======== SUPPLIED DATA ========
/// The head of a class.
#[derive(Drop)]
pub(crate) struct Head {
    pub is_union: bool,
    /// The access of members that no label stands before (11).
    pub access: Access,
    /// The last part, where it has qualifiers.
    pub name: Option<NameToken>,
    /// That of its name, or of its key where it has none.
    pub place: Place,
}

/// A class that has begun, with its type.
#[derive(Clone, Copy)]
pub(crate) struct Begun {
    pub class: ClassId,
    pub of: TypeId,
}

/// The members that were read of a list, and the access of what follows (11.1).
#[derive(Drop)]
pub(crate) struct Members {
    pub trees: TreeIdList,
    pub access: Access,
}

// ---- the head

fn key_access(kind: TokenKind) -> Access
    ensures { result ≡ definition.key_access kind }
{
    if is_keyword(keyword::CLASS, kind) {
        Access::Private
    } else {
        Access::Public
    }
}

// A name, taken if there is one.
#[tactic(auto, using(cxx_cursor::proofs::Kept::later_refl))]
fn name_or_none(state: &State, cursor: &mut Cursor<'_>) -> Result<Option<NameToken>, Stop>
    ensures { IsRead optional_name AnyKnown state.now state.now cursor.new result (definition.name_or_none (meaning state.now) cursor.old) }
{
    let _ = state;
    if is_name(cursor.kind()) {
        return Ok(Some(cursor.kept()?));
    }
    Ok(None)
}

// The token of the last part of a name.
fn last_token(alloc: Global, path: &Path) -> Result<NameToken, AllocError>
    ensures { IfOk result (λ token. name_at token ≡ token_of (last_part (path_at path.now).parts)) }
{
    match last_part(path.parts.as_slice()) {
        Some(part) => Ok(NameToken {
            kind: TokenKind::Name,
            place: part.place,
            spelling: Word::from_slice(alloc, part.word.as_slice())?,
        }),
        None => Ok(NameToken {
            kind: TokenKind::Name,
            place: Place { line: 0, column: 0 },
            spelling: Listed::new(alloc),
        }),
    }
}

// The type of a class that begins.
#[tactic(auto, using(cxx_cursor::proofs::Kept::later_trans))]
fn begun_as(state: &mut State, class: ClassId) -> Result<Begun, Stop>
    requires { class.0 < length (state.old).graph.classes }
    ensures { IsAsked begun_number IsBegun state.old state.new result (Ok (class.0, meaning state.old)) }
{
    match state.class_type(class) {
        Ok(of) => Ok(Begun { class, of }),
        Err(_) => Err(Stop::OutOfMemory),
    }
}

// ---- the list of members

pub(crate) fn is_access_word(kind: TokenKind) -> bool
    ensures { result ≡ definition.access_word kind }
{
    is_keyword(keyword::PUBLIC, kind)
        || (is_keyword(keyword::PROTECTED, kind) || is_keyword(keyword::PRIVATE, kind))
}

pub(crate) fn access_by(kind: TokenKind) -> Access
    ensures { result ≡ definition.access_by kind }
{
    if is_keyword(keyword::PUBLIC, kind) {
        return Access::Public;
    }
    if is_keyword(keyword::PROTECTED, kind) {
        return Access::Protected;
    }
    Access::Private
}

// A label (11.1).
#[tactic(auto, using(cxx_cursor::proofs::Kept::later_refl), unfolding(cxx_language::specs::Classes::access_step))]
fn access_step(
    state: &State,
    cursor: &mut Cursor<'_>,
    so_far: Members,
) -> Result<Turn<Members, TreeIdList>, Stop>
    requires { AreMembers state.now so_far }
    ensures { IsRead members_turn IsMembersTurn state.now state.now cursor.new result (definition.access_step (members_of state.now so_far) (meaning state.now) cursor.old) }
{
    let _ = state;
    let access = access_by(cursor.kind());
    cursor.advance();
    cursor.punct(punct::COLON)?;
    Ok(Turn::More(Members {
        trees: so_far.trees,
        access,
    }))
}

// A using-declaration (7.3.3).
#[tactic(auto, using(cxx_cursor::proofs::Kept::trees_kept, cxx_cursor::proofs::Kept::trees_later, cxx_cursor::proofs::Kept::later_refl), unfolding(cxx_language::specs::Classes::using_step))]
fn using_step<D: Defines>(
    declares: &D,
    state: &mut State,
    cursor: &mut Cursor<'_>,
    so_far: Members,
) -> Result<Turn<Members, TreeIdList>, Stop>
    requires { AreMembers state.old so_far }
    ensures { IsRead members_turn IsMembersTurn state.old state.new cursor.new result (definition.using_step (members_of state.old so_far) (meaning state.old) cursor.old) }
{
    member_using_at(declares, state, cursor, so_far.access)?;
    Ok(Turn::More(so_far))
}

// With which tokens other members begin (12.4, clause 14).
fn begins_other(kind: TokenKind) -> bool
    ensures { result ≡ definition.begins_other kind }
{
    is_keyword(keyword::TEMPLATE, kind) || is_punct(punct::TILDE, kind)
}

// That name and a bracket.
fn begins_with(name: &NameToken, cursor: &Cursor<'_>) -> bool
    ensures { result ≡ definition.begins_constructor (Some (name_at name.now)) cursor.now }
{
    is_name(cursor.kind())
        && (cursor.spelling() == name.spelling.as_slice()
            && is_punct(punct::LEFT_PARENTHESIS, cursor.kind_behind()))
}

// The name of the class and a bracket (12.1).
fn begins_constructor(head: &Head, cursor: &Cursor<'_>) -> bool
    ensures { result ≡ definition.begins_constructor (name_of_option head.now.name) cursor.now }
{
    match &head.name {
        Some(name) => begins_with(name, cursor),
        None => false,
    }
}

// Constructors, destructors and templates of a class are not read yet.
fn comes_later(head: &Head, cursor: &Cursor<'_>) -> bool
    ensures { result ≡ definition.comes_later (name_of_option head.now.name) cursor.now }
{
    begins_other(cursor.kind()) || begins_constructor(head, cursor)
}

// What is ahead behind `inline`, where that stands first (7.1.2).
fn behind_inline<'a>(cursor: &Cursor<'a>) -> Cursor<'a>
    ensures { result ≡ definition.behind_inline cursor.now }
{
    let mut ahead = cursor.mark();
    if is_keyword(keyword::INLINE, cursor.kind()) {
        ahead.advance();
    }
    ahead
}

// Friends, also behind `inline` (11.4, 7.1.2).
fn begins_friend(cursor: &Cursor<'_>) -> bool
    ensures { result ≡ definition.begins_friend cursor.now }
{
    is_keyword(keyword::FRIEND, behind_inline(cursor).kind())
}

// The same behind `virtual`.
fn behind_words<'a>(cursor: &Cursor<'a>) -> Cursor<'a>
    ensures { result ≡ definition.behind_words cursor.now }
{
    let mut ahead = cursor.mark();
    if is_keyword(keyword::VIRTUAL, cursor.kind()) {
        ahead.advance();
    }
    behind_inline(&ahead)
}

fn with_member(so_far: Members, number: TreeId) -> Result<Members, AllocError>
    ensures { IfOk result (λ all. all ≡ record { trees = so_far.trees ++ number ∷ []; access = so_far.access }) }
{
    Ok(Members {
        trees: with_tree(so_far.trees, number)?,
        access: so_far.access,
    })
}

// ---- the tree

fn class_tree(
    state: &mut State,
    head: &Head,
    begun: Begun,
    members: TreeIdList,
    from: &Cursor<'_>,
    to: &Cursor<'_>,
) -> Result<TreeId, Stop>
    requires begun { IsBegun state.old begun }
    requires members { AreTreesHeld state.old members }
    ensures { GrowsTree state.old state.new result (definition.class_tree (head_of head.now) begun.class.0 (trees_held state.old members) from.now to.now) }
{
    let path = path_to_option(from.alloc(), &head.name)?;
    let spelling = Text::from_slice(from.alloc(), class_key(head.is_union))?;
    let mut node = node_from(CLASS_DEFINITION, spelling, from, to, members);
    node.place = head.place;
    node.path = path;
    node.of = Some(begun.of);
    push(state, node)
}

fn with_class(so_far: Specifiers, of: TypeId, number: TreeId) -> Result<Specifiers, AllocError>
    ensures { IfOk result (λ all. all ≡ record so_far { named = Some of; stands_alone = true; parts = so_far.parts ++ number ∷ [] }) }
{
    let mut so_far = so_far;
    so_far.named = Some(of);
    so_far.stands_alone = true;
    so_far.parts.push(number)?;
    Ok(so_far)
}

// Once it has ended: what was passed over in it and belongs to no declarator of a member stands behind the members.
#[tactic(auto, using(crate::proofs::Kept::begun_later, cxx_cursor::proofs::Kept::named_kept, cxx_cursor::proofs::Kept::named_later, cxx_cursor::proofs::Kept::trees_kept, cxx_cursor::proofs::Kept::trees_later, cxx_cursor::proofs::Kept::trees_append, cxx_cursor::proofs::Kept::trees_below_append, cxx_cursor::proofs::Kept::later_refl, cxx_cursor::proofs::Kept::later_trans))]
fn class_left(
    state: &mut State,
    cursor: &Cursor<'_>,
    so_far: Specifiers,
    head: &Head,
    begun: Begun,
    members: TreeIdList,
    from: &Cursor<'_>,
) -> Result<Specifiers, Stop>
    requires known { AreSpecifiers state.old so_far }
    requires begun { IsBegun state.old begun }
    requires members { AreTreesHeld state.old members }
    ensures { IsRead specifiers_of AreSpecifiers state.old state.new cursor.now result (class_left (head_of head.now) begun.class.0 (trees_held state.old members) (specifiers_of state.old so_far) from.now (meaning state.old) cursor.now) }
{
    let left = defaults_kept(state, cursor, None, None)?;
    let all = joined(members, left)?;
    let number = class_tree(state, head, begun, all, from, cursor)?;
    Ok(with_class(so_far, begun.of, number)?)
}

// A union without a name that declares no object is anonymous (9.5), which is left out.
#[tactic(auto, using(cxx_cursor::proofs::Kept::later_refl), unfolding(cxx_language::specs::Classes::no_anonymous_union))]
fn no_anonymous_union(state: &State, cursor: &Cursor<'_>, head: &Head) -> Result<(), Stop>
    ensures { IsRead itself AnyKnown state.now state.now cursor.now result (definition.no_anonymous_union (head_of head.now) (meaning state.now) cursor.now) }
{
    let _ = state;
    if head.is_union && (head.name.is_none() && is_punct(punct::SEMICOLON, cursor.kind())) {
        let text = FaultText::LeftOut(LeftOut::AnonymousUnion);
        return Err(Stop::Fault(faulty(cursor.alloc(), head.place, text)?));
    }
    Ok(())
}
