//! What is known of terms and formulas, by passes over all of them.
use crate::node::{Node, Parts};
use crate::row::Row;
use crate::world::{World, at};
use std::alloc::{AllocError, Global};

/// Of each term the least term that is equal, and of each formula whether it is known to be true or false.
#[derive(Drop)]
pub(crate) struct Known {
    pub(crate) leaders: Vec<usize>,
    pub(crate) apart: Vec<(usize, usize)>,
    pub(crate) values: Vec<Option<bool>>,
}

/// Two classes become one: whether they were two.
fn join(leaders: &mut Vec<usize>, left: usize, right: usize) -> bool {
    let (one, other) = (at(leaders.as_slice(), left), at(leaders.as_slice(), right));
    for leader in leaders.iter_mut() {
        if *leader == one.max(other) {
            *leader = one.min(other);
        }
    }
    one != other
}

/// The leader of an argument, where there is one.
pub(crate) fn led(leaders: &[usize], arg: Option<usize>) -> Option<usize> {
    match arg {
        Some(term) => Some(at(leaders, term)),
        None => None,
    }
}

/// Whether two terms have one head and equal arguments.
fn are_alike(leaders: &[usize], one: &Row, other: &Row) -> bool {
    one.head == other.head
        && led(leaders, one.args[0]) == led(leaders, other.args[0])
        && led(leaders, one.args[1]) == led(leaders, other.args[1])
}

/// Joins a term with each that is alike: whether two classes became one.
fn join_alike(rows: &[Row], leaders: &mut Vec<usize>, term: usize) -> bool {
    let mut changed = false;
    for other in 0..rows.len() {
        if let (Some(row), Some(next)) = (rows.get(term), rows.get(other)) {
            if are_alike(leaders.as_slice(), row, next) && join(leaders, term, other) {
                changed = true;
            }
        }
    }
    changed
}

/// Joins terms that are alike, all pairs once: whether two classes became one.
fn join_pairs(rows: &[Row], leaders: &mut Vec<usize>) -> bool {
    let mut changed = false;
    for term in 0..rows.len() {
        if join_alike(rows, leaders, term) {
            changed = true;
        }
    }
    changed
}

/// What a literal says, or what its negation does: two terms are equal, or two are not.
fn told(
    node: &Node,
    holds: bool,
    leaders: &mut Vec<usize>,
    apart: &mut Vec<(usize, usize)>,
) -> Result<(), AllocError> {
    match node {
        Node::Equal {
            positive,
            left,
            right,
        } => {
            if *positive == holds {
                join(leaders, *left, *right);
            } else {
                apart.push((*left, *right))?;
            }
        }
        Node::Atom { positive, term } => {
            join(leaders, *term, if *positive == holds { 0 } else { 1 });
        }
        _ => {}
    }
    Ok(())
}

/// The value of a literal that has this value where it is positive.
fn turned(positive: bool, value: Option<bool>) -> Option<bool> {
    match value {
        Some(holds) => Some(holds == positive),
        None => None,
    }
}

/// The value of a part that is there.
fn value_at(values: &[Option<bool>], part: usize) -> Option<bool> {
    values.get(part).copied().unwrap_or(None)
}

/// The value of a disjunction, or of a conjunction if truth and falsity are exchanged.
fn joined_value(values: &[Option<bool>], parts: &Parts, deciding: bool) -> Option<bool> {
    let mut value = Some(!deciding);
    for part in parts {
        if let Some(number) = *part {
            match value_at(values, number) {
                Some(holds) if holds == deciding => return Some(deciding),
                Some(_) => {}
                None => value = None,
            }
        }
    }
    value
}

impl Known {
    /// What the asserted formulas and those that were given up say of terms.
    fn of_terms(alloc: Global, world: &World) -> Result<Known, AllocError> {
        let mut leaders = Vec::new(alloc);
        for term in 0..world.rows.len() {
            leaders.push(term)?;
        }
        let mut apart = Vec::new(alloc);
        for (node, asserted) in world.nodes.iter().zip(world.asserted.iter()) {
            if *asserted {
                told(node, true, &mut leaders, &mut apart)?;
            }
        }
        for number in world.refuted.iter() {
            if let Some(node) = world.nodes.get(*number) {
                told(node, false, &mut leaders, &mut apart)?;
            }
        }
        for _ in 0..world.rows.len() {
            if !join_pairs(world.rows.as_slice(), &mut leaders) {
                break;
            }
        }
        Ok(Known {
            leaders,
            apart,
            values: Vec::new(alloc),
        })
    }

    /// Whether two terms are equal.
    pub(crate) fn same(&self, left: usize, right: usize) -> bool {
        at(self.leaders.as_slice(), left) == at(self.leaders.as_slice(), right)
    }

    /// Whether two terms are kept apart.
    fn are_apart(&self, left: usize, right: usize) -> bool {
        for (one, other) in self.apart.iter() {
            if self.same(left, *one) && self.same(right, *other) {
                return true;
            }
            if self.same(left, *other) && self.same(right, *one) {
                return true;
            }
        }
        false
    }

    /// The value of a leaf, or of a formula over those before it.
    fn value_of(&self, world: &World, node: &Node) -> Option<bool> {
        match node {
            Node::Equal {
                positive,
                left,
                right,
            } => {
                if self.same(*left, *right) {
                    Some(*positive)
                } else if self.are_apart(*left, *right) {
                    Some(!*positive)
                } else {
                    None
                }
            }
            Node::Atom { positive, term } => {
                if self.same(*term, 0) {
                    turned(*positive, Some(true))
                } else if self.same(*term, 1) {
                    turned(*positive, Some(false))
                } else {
                    None
                }
            }
            Node::Each(parts) => joined_value(self.values.as_slice(), parts, false),
            Node::Either(parts) => joined_value(self.values.as_slice(), parts, true),
            Node::Forall(forall) => {
                if is_live(world, *forall) {
                    Some(true)
                } else {
                    None
                }
            }
        }
    }

    /// What is known of all terms and formulas.
    pub(crate) fn of_world(alloc: Global, world: &World) -> Result<Known, AllocError> {
        let mut known = Known::of_terms(alloc, world)?;
        for node in world.nodes.iter() {
            let value = known.value_of(world, node);
            known.values.push(value)?;
        }
        Ok(known)
    }

    /// Whether a formula is known to have this value.
    pub(crate) fn is_known(&self, node: usize, value: bool) -> bool {
        value_at(self.values.as_slice(), node) == Some(value)
    }
}

/// Whether the forall is asserted.
pub(crate) fn is_live(world: &World, forall: usize) -> bool {
    for (node, asserted) in world.nodes.iter().zip(world.asserted.iter()) {
        if *asserted && *node == Node::Forall(forall) {
            return true;
        }
    }
    false
}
========
What lines in the entries above include the string "literal"? Return each one.

### RESPONSE TO THIS EXERCISE
/// What a literal says, or what its negation does: two terms are equal, or two are not.
/// The value of a literal that has this value where it is positive.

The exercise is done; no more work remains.